### WHAT YOU WILL DO
Check every line below for the word "exists" and copy the ones that have it.

(Dataset entries)

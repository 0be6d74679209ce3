//! The story that the explorer exists for: a header is written twice between the same two flushes, and a crash
//! may leave the older one. The release is recorded in memory and explored; then again with a flush between.
#![tactic(auto)]

mod log;
mod story;
mod teller;

use console::{Failed, Program, Usage};
use log::Log;
use progress::Verdict;
use std::process::ExitCode;
use story::{Release, record};
use teller::tell;

const HELP: &str = "incident

Tells the story that the explorer exists for, on a release made in memory: a header
with its count of objects, objects that come late, and the header again, both headers
between the same two flushes. Prints each step, each crash state and its judgement,
and the state with the older header, which is unsafe; then the same release with one
flush more, which is safe.

Status 0, or 1 with the reason on standard error.";

const USAGE: Usage = Usage {
    name: "incident",
    version: None,
    help: HELP,
    wanted: "no argument is wanted",
};

/// Tells a release, which should come to this verdict.
fn tell_one(program: &Program, release: Release, wanted: Verdict) -> Result<(), Failed> {
    let rt = program.rt;
    let mut log = Log::new(rt.alloc());
    record(program, &mut log, release)?;
    let recording = log.finish()?;
    let verdict = tell(program, recording.as_slice())?;
    println!(rt; "Verdict: {verdict}.")?;
    println!(rt; "")?;
    if verdict == wanted {
        Ok(())
    } else {
        Err(program.refused(format_args!("the release should be {wanted}")))
    }
}

/// Tells both releases.
fn incident(program: Program, _words: [String; 0]) -> Result<(), Failed> {
    tell_one(&program, Release::NoFlush, Verdict::Unsafe)?;
    tell_one(&program, Release::Flush, Verdict::Safe)
}

// An `Err` from main would be printed, and its reason stands on standard error already.
fn main(rt: HostRuntime) -> ExitCode {
    USAGE.run(&rt, incident)
}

### EXERCISE ANSWER
//! The story that the explorer exists for: a header is written twice between the same two flushes, and a crash
Tells the story that the explorer exists for, on a release made in memory: a header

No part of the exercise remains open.